The following topic lists the functionality we plan to add to phyloModels in the future.

Calibration algorithms

Features and summary statistics
  • Include multiple correlation coefficients as statistics for the evaluation of dispersion of summary statistics.

  • Integrate summary statistics for trees.

History matching
  • Automatic selection of GLM basis. This can done by running a quick test that characterizes the data to fit as one of the basis supported by History Matching (which are the basis supported by statsmodels).

  • Use history matching diagnostics information for deciding if an iteration is successful or not (and make decisions regarding the need for repeating it using a different observation or summary statistic). NOTE: This depends on history matching reporting test information.

  • Add support for using a variable number of model simulations per iteration, as well as guidelines (and functions) for selecting them.

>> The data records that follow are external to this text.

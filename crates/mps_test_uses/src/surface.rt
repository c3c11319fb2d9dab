//! The crates from mps_base to mps_cell: each name that callers use, once, with its arguments: whoever renames one
//! finds it here, or in lines_and_servers.rt. The comment of a test begins with the crates, and with those of their
//! names, that it has. A call that requires what can't be shown in a line is made by a function that requires the same.
//! The text is RELAY of sessions.rt: a, b and c are its roles at the places 0, 1 and 2.
ghost use Rattle.std.specs.Prelude.{◌≡◌, ◌<◌, ◌≤◌, ◌^◌, [], None, IsSome, IsTrue, IfOk, length, false};
ghost use Rattle.mps_arena.specs.Keys.{last_key};
ghost use Rattle.mps_arena.specs.KeyedSteps.{HasSmallPeer, keyed_at, keys_of, steps};
ghost use Rattle.mps_arena.specs.Neighbours.{CanGo, IsSource};
ghost use Rattle.mps_base.specs.Effects.{effect};
ghost use Rattle.mps_command.specs.Changes.{change_of};
ghost use Rattle.mps_global.specs.Global.{plain as global_type};
ghost use Rattle.mps_global.specs.Faults.{fault_of};
ghost use Rattle.mps_history.specs.Steps.{receives, sends, step_of};
ghost use Rattle.mps_links.specs.Marks.{AreMarksClosed, marked_keys};
ghost use Rattle.mps_local.specs.Local.{plain};
ghost use Rattle.mps_local.specs.Shape.{AllPeers};
ghost use Rattle.mps_machine.specs.Machine.{initial};
ghost use Rattle.mps_queues.specs.Fronts.{AreFronts};
ghost use Rattle.mps_table.specs.Graph.{HasNext, IsNode};

use crate::rooms::relay;
use crate::sessions::RELAY;
use mps_arena::{Arena, Before, Key, Step};
use mps_base::{Act, Message, Name, Role, Roles, Sort, StepId, Value, VarName};
use mps_cell::{Busy, Cell, Held, Leave, Pass, PassFault, Pause, meet};
use mps_command::{Answer, Command};
use mps_global::{GlobalFault, Protocol, check};
use mps_links::{least_dependent, least_final, mark_from, unmark};
use mps_local::{Local, LocalFault, ProjectFault, project, write_local};
use mps_monitor::{Advance, Forward, Violation, judge};
use mps_queues::Queues;
use mps_room::{Caller, Room, Solo, Told, call_numbered};
use mps_session::{Expect, OpenFault, ProtocolFault, Refusal, Session, open_protocol, same};
use mps_stores::Stores;
use mps_table::{Node, Table, compile};
use mps_text::{TextFault, TextKind, read_protocol, write_protocol};
use std::alloc::{AllocError, Global};
use std::cmp::Ordering;
use std::process::Abort;
use std::sync::Wait;
use std::test::Fail;

// The roles at the places 0 and 1.
pub(crate) fn a() -> Role
    ensures { result ≡ 0 }
{
    Role::new(0)
}

pub(crate) fn b() -> Role
    ensures { result ≡ 1 }
{
    Role::new(1)
}

// ---- names, values and acts

// mps_base: `Name::read`, `VarName::read`, `Roles::of`, `count`, `find` and `name`: of the roles a and b the
// second, b, has place 1.
#[test]
fn a_role_of_mps_base_is_found_by_its_name(rt: HostRuntime) -> Result<(), Fail> {
    let alloc = rt.alloc();
    let first = Name::read(b"a").expect(&rt, "a name");
    let second = Name::read(b"b").expect(&rt, "a name");
    assert!(rt; VarName::read(b"X").is_some(), "X is a variable");
    let roles = Roles::of(alloc, &[first, second])?;
    assert_eq!(rt; roles.count(), 2, "the count of the roles a and b");
    assert_eq!(rt; roles.find(&second), Some(b()), "the place of b");
    assert!(rt; roles.name(b()).is_spelled(b"b"), "the name at place 1, b");
    Ok(())
}

// mps_base: `Value::read`, `write`, `sort` and `copy`: the text 5 is the int 5, is written as it was, and copied.
#[test]
fn a_value_of_mps_base_is_read_written_and_copied(rt: HostRuntime) -> Result<(), Fail> {
    let alloc = rt.alloc();
    let value = Value::read(alloc, b"5")?;
    let mut out = Vec::new(alloc);
    value.write(&mut out)?;
    assert!(rt; value.sort() == Sort::Int, "the sort of 5, int");
    assert_eq!(rt; out.as_slice(), b"5".as_slice(), "5 as it is written");
    let copied = value.copy(alloc)?;
    assert!(rt; matches!(copied, Value::Int(5)), "the copy of 5");
    Ok(())
}

// The kind of an act: an output is 0, an input 1, a mark 2, a commit 3.
fn kind_of(act: &Act) -> u8 {
    match act {
        Act::Out {
            to: _,
            message: Message::Value(_),
        } => 0,
        Act::Out {
            to: _,
            message: Message::Label(_),
        } => 0,
        Act::In { from: _, slot: _ } => 1,
        Act::Mark(_) => 2,
        Act::Commit => 3,
    }
}

// mps_base: `Act` and `Message`: `kind_of` names each of them, and numbers the acts for this test; of two that are
// made, a commit is 3 there, and an input 1.
#[test]
fn each_act_of_mps_base_is_named(rt: HostRuntime) {
    assert_eq!(rt; kind_of(&Act::Commit), 3, "the kind of a commit");
    assert_eq!(rt;
        kind_of(&Act::In {
            from: a(),
            slot: None
        }),
        1,
        "the kind of an input"
    );
}

// ---- protocols and types

// mps_text: `read_protocol` and `write_protocol`, mps_global: `check`: the relay's text is read, has no fault, and is
// written as it was.
#[test]
fn a_protocol_is_read_checked_and_written_by_mps_text(rt: HostRuntime) -> Result<(), Fail> {
    let alloc = rt.alloc();
    let protocol = read_protocol(alloc, RELAY)?;
    check(&protocol)?;
    let text = write_protocol(alloc, &protocol)?;
    assert_eq!(rt; text.as_slice(), RELAY, "the text of the relay");
    Ok(())
}

// Whether a text of too many nodes has such faults, of the text and of the protocol.
fn are_of_size(text: TextFault, protocol: GlobalFault, local: LocalFault) -> bool {
    let TextFault { at: _, kind } = text;
    kind == TextKind::TooManyNodes
        && protocol == GlobalFault::TooManyNodes
        && local == LocalFault::TooManyNodes
}

// mps_text: `TextFault` and `TextKind`, mps_global: `GlobalFault`, mps_local: `LocalFault`: each has the fault of too
// many nodes.
#[test]
fn each_kind_of_fault_can_be_too_many_nodes(rt: HostRuntime) {
    let text = TextFault {
        at: 0,
        kind: TextKind::TooManyNodes,
    };
    assert!(rt;
        are_of_size(text, GlobalFault::TooManyNodes, LocalFault::TooManyNodes),
        "too many nodes, of a text, a protocol and a local type"
    );
}

// The type of a role, as text.
fn type_of(alloc: Global, roles: &Roles, tree: &Local) -> Result<Vec<u8>, AllocError>
    requires { AllPeers (λ peer. peer < length roles.now) (plain tree.now) }
{
    let copied = tree.copy(alloc)?;
    drop(copied);
    write_local(alloc, roles, tree)
}

// The type of a role of a protocol.
fn projected(alloc: Global, protocol: &Protocol, role: Role) -> Result<Local, ProjectFault>
    requires well_formed { fault_of protocol.now.roles.items (global_type protocol.now.body) ≡ None }
    requires in_session { role < length protocol.now.roles.items }
{
    project(alloc, protocol, role)
}

// mps_table: `compile`, `Table::first` and `expect`: the table of `end` shows at its first node that the type has
// ended.
#[test]
fn a_table_of_mps_table_shows_the_end(rt: HostRuntime) -> Result<(), Fail> {
    let table = compile(rt.alloc(), &Local::End)?;
    assert!(rt;
        matches!(table.expect(table.first()), Expect::End),
        "the first node of `end`"
    );
    Ok(())
}

// The node after that one.
fn node_after(table: &Table, node: Node, choice: Option<usize>) -> Node
    requires { HasNext table.now node choice }
{
    table.after(node, choice)
}

// mps_monitor: `judge`: a send is allowed where it is expected, and goes on; where the type has ended it is `Ended`.
#[test]
fn a_send_is_judged_by_mps_monitor(rt: HostRuntime) -> Result<(), Fail> {
    let sent = Forward::Send {
        to: b(),
        value: Value::Int(5),
    };
    assert!(rt;
        judge(Expect::Send(b(), Sort::Int), &sent, None) == Ok(Advance::Next),
        "the expected send goes on"
    );
    assert!(rt;
        judge(Expect::End, &sent, None) == Err(Violation::Ended),
        "a send after the end is refused as that"
    );
    Ok(())
}

// ---- steps with links

// A step joins, and is there.
fn add(arena: &mut Arena, role: Role, act: Act, source: Option<Key>) -> Result<Key, AllocError>
    requires role { role < 8 }
    requires peer { HasSmallPeer (effect act) }
    requires source { IsSource arena.old.keyed_steps role (effect act) source }
{
    let key = arena.reserve_one()?;
    arena.add(role, act, Before { at: 0, bound: None }, source);
    Ok(key)
}

// The arena has one step, of a, with this key.
fn has_one(rt: &impl Abort, arena: &Arena, key: Option<Key>) {
    assert_eq!(rt; arena.first(), key, "the first step");
    assert_eq!(rt; arena.last(), key, "the last step");
    assert_eq!(rt; arena.last_of(a()), key, "the last step of a");
}

// mps_arena: `Arena::by_id`, `first`, `last`, `last_of` and `last_send`: the one step, a commit of a, has the number 1,
// and is the first, the last and a's last; nothing was sent.
#[test]
fn a_step_of_mps_arena_is_found_by_its_links(rt: HostRuntime) -> Result<(), Fail> {
    let mut arena = Arena::new(rt.alloc());
    add(&mut arena, a(), Act::Commit, None)?;
    let key = arena.by_id(StepId::new(1));
    assert!(rt; key.is_some(), "the number 1 leads to a step");
    has_one(&rt, &arena, key);
    assert!(rt; arena.last_send(a(), b()).is_none(), "no send from a to b");
    Ok(())
}

// A step and its neighbours.
fn neighbours(arena: &Arena, key: Key) -> (Role, [Option<Key>; 7])
    requires { IsSome (keyed_at key arena.now.keyed_steps) }
{
    let Step {
        id: _,
        role,
        act: _,
    } = arena.get(key);
    let keys = [
        arena.next(key),
        arena.prev(key),
        arena.next_of_role(key),
        arena.prev_of_role(key),
        arena.next_send(key),
        arena.prev_send(key),
        arena.receipt(key),
    ];
    (*role, keys)
}

// A step is marked and goes.
fn mark_and_remove(arena: &mut Arena, key: Key) -> bool
    requires some { IsSome (keyed_at key arena.old.keyed_steps) }
    requires goes { CanGo arena.old.keyed_steps key }
{
    let marked = arena.marked(key);
    arena.remove(key);
    marked
}

// The step is marked.
fn set_mark(arena: &mut Arena, key: Key)
    requires { IsSome (keyed_at key arena.old.keyed_steps) }
{
    arena.set_mark(key, true);
}

// mps_queues: `Queues::new` and `front`: in new queues nothing waits. The calls that require more are in the functions
// below.
#[test]
fn nothing_waits_in_new_queues_of_mps_queues(rt: HostRuntime) {
    let queues = Queues::new();
    assert!(rt;
        queues.front(a(), b()).is_none(),
        "no message from a to b waits"
    );
}

// A send is put after the others of its pair.
fn push(queues: &mut Queues, key: Key) {
    queues.push(a(), b(), key);
}

// The first send that waits is taken off.
fn take(queues: &mut Queues, arena: &Arena) -> Option<Key>
    requires { AreFronts arena.now.keyed_steps queues.old }
{
    queues.take(arena, a(), b())
}

// It is put back in front.
fn put_back(queues: &mut Queues, arena: &Arena)
    requires fronts { AreFronts arena.now.keyed_steps queues.old }
    requires some { IsSome (last_key None (keys_of (receives 0 1) arena.now.keyed_steps)) }
{
    queues.put_back(arena, a(), b());
}

// The last send is dropped.
fn drop_last(queues: &mut Queues, arena: &Arena)
    requires fronts { AreFronts arena.now.keyed_steps queues.old }
    requires some { IsSome (last_key None (keys_of (sends 0 1) arena.now.keyed_steps)) }
{
    queues.drop_last(arena, a(), b());
}

// mps_stores: `Stores::new`, `bind`, `get`, `entries` and `unbind`: x of a is bound to a key, found alone, and unbound.
#[test]
fn a_name_is_bound_and_found_in_mps_stores(rt: HostRuntime) -> Result<(), Fail> {
    let mut arena = Arena::new(rt.alloc());
    let key = arena.reserve_one()?;
    let name = Name::read(b"x").expect(&rt, "a name");
    let mut stores = Stores::new(rt.alloc())?;
    assert!(rt; stores.bind(a(), &name, key)?.is_none(), "x was not bound");
    assert_eq!(rt; stores.get(a(), &name), Some(key), "the key of x");
    assert_eq!(rt; stores.entries(a()).len(), 1, "the count of bound names");
    stores.unbind(a(), &name, None);
    Ok(())
}

// Whether the step has a dependent, how many depend on it, and the least commit among these.
fn dependents(arena: &mut Arena, id: StepId) -> (Option<StepId>, usize, Option<StepId>)
    requires present { IsSome (step_of (steps arena.old.keyed_steps) id) }
    requires unmarked { marked_keys arena.old.keyed_steps ≡ [] }
{
    let least = least_dependent(&*arena, id);
    let count = mark_from(arena, id);
    let commit = least_final(&*arena);
    unmark(arena);
    (least, count, commit)
}

// ---- sessions

// A session in which `a` sent a number.
fn sent(alloc: Global) -> Result<Session, Fail>
    ensures { IfOk result (λ s. length s.types ≡ 3) }
{
    let protocol = read_protocol(alloc, RELAY)?;
    let mut session = open_protocol(alloc, &protocol)?;
    if session.roles() != 3 {
        return Err("three roles".into());
    }
    let value = Value::Int(5);
    session.forward(a(), Forward::Send { to: b(), value })?;
    Ok(session)
}
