//! The command line of the program: the words that it is called with, and the order that they give.
#![tactic(auto)]

mod command;
mod faults;
mod words;

pub use command::{JournalFolder, Order, ProtocolFile, Task, Watched};
pub use faults::UseFault;
pub use mps_local::Merging;
pub use mps_watch::Detail;
pub use words::{order, words_of};
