// `mps_text::read_protocol` names the first token that can't follow those before it, or the end, as Unexpected.
#[test]
fn a_missing_or_misplaced_token_is_unexpected(rt: HostRuntime) {
    have_faults(&rt, TextKind::Unexpected, UNEXPECTED);
}

// Texts with bytes that are no token, and the byte at which these begin.
const MALFORMED: &[Row] = &[
    // in the heading, and right after it
    (b"\0roles a b ; end", 0),
    (b"Roles a b ; end", 0),
    (b"roles _a b ; end", 6),
    (b"roles a \x80", 8),
    (b"roles\ta\tb\t;\r\n9", 13),
    // a name and a variable of 33 bytes, one more than they may have
    (b"roles abcdefghijklmnopqrstuvwxyz_012345 b ; end", 6),
    (b"roles ABCDEFGHIJKLMNOPQRSTUVWXYZ_012345 b ; end", 6),
    // in the global type
    (b"roles a b ; \"", 12),
    (b"roles a b ; Xx", 12),
    (b"roles a b ; a>b", 13),
    (b"roles a b ; a - b : int . end", 14),
    (b"roles a b ; a -", 14),
    (b"roles a b ; rec Xy . Xy", 16),
    (b"roles a b ; a -> Bc : int . end", 17),
    (b"roles a b;a->b:int.enD", 19),
    (b"roles a b ; a -> b { l-m : end }", 22),
    (b"roles a b ; a -> b { l : end , 2 : end }", 31),
    // after a whole protocol
    (b"roles a b ; end\x0b", 15),
    (b"roles a b ; end\xff", 15),
    (b"roles a b ; end 9x", 16),
    (b"roles a b ; a -> b { l : end } -", 31),
];

// `mps_text::read_protocol` names the first bytes that are no token as Word, also after a whole protocol.
#[test]
fn bytes_that_are_no_token_are_a_word(rt: HostRuntime) {
    have_faults(&rt, TextKind::Word, MALFORMED);
}

// Texts with a token after a whole protocol, and its byte.
const TRAILING: &[Row] = &[
    // after `end`
    (b"roles a b ; end end", 16),
    (b"roles a b ; end}", 15),
    (b"roles a b ; end .", 16),
    (b"roles a b ; end roles", 16),
    // the token X stands before the malformed word, and the first fault is named
    (b"roles a b ; end X 9x", 16),
    // after a variable, and after a choice
    (b"roles a b ; X Y", 14),
    (b"roles a b ; rec X . X ->", 22),
    (b"roles a b ; a -> b { l : end } }", 31),
];

// `mps_text::read_protocol` names a token after a whole protocol as Trailing.
#[test]
fn a_token_after_a_protocol_is_trailing(rt: HostRuntime) {
    have_faults(&rt, TextKind::Trailing, TRAILING);
}

// How many messages a chain has, what stands after them, and the fault. With the 12 bytes in front and 15 for each
// message the node after 64 of them, at level 65, begins at byte 972.
const CHAINS: &[(usize, &[u8], Option<Fault>)] = &[
    // 63 messages and the end are 64 levels, the most
    (63, b"end", None),
    (64, b"end", Some((TextKind::TooDeep, 972))),
    (300, b"end", Some((TextKind::TooDeep, 972))),
    // `}` begins no node, so it is at no level
    (64, b"}", Some((TextKind::Unexpected, 972))),
];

  • Add calibration example calling a model in R.

  • Relax the condition that the number of observations must match the number of outputs rendered by the simulation model. The number of observations to use for feature generation should be the minimum between the number of observations provided as input argument and the number of outputs delivered by the simulation model.

  • Incorporate means for robustly dealing with outliers and for capturing rare events.

Parameter sweep
  • Add support for additional cost metrics.

Others
  • Integrate other calibration methods: ELFI, ABC

Development

General
  • Document specifications for tests.

  • Performance characterization for history matching.

Features
  • Update conventions for the name of outputs of summary statistics. It should be the name of the summary statistic (i.e., feature) followed by underscore “_” and an integer number.

  • Ensure parallelization for the computation of features. We should be able to take advantage of all available cores for computing features and statistics. Parallelization should be done on each feature or statistic independently.

  • How can we optimize computations so that data can be shared/reused for the computation of multiple features or statistics? For example, dx is used in all series_derivative features.

Visualization
  • Superimpose marginal distributions in parallel coordinates plots.

  • Superimpose reference curve in parallel coordinates plots.

  • Add support for reverse/log axis in any coordinate in parallel coordinates plots (these options are currently supported only for the rightmost axes).

Distribution
  • Package in a Docker image.

  • Make library available in Artifactory.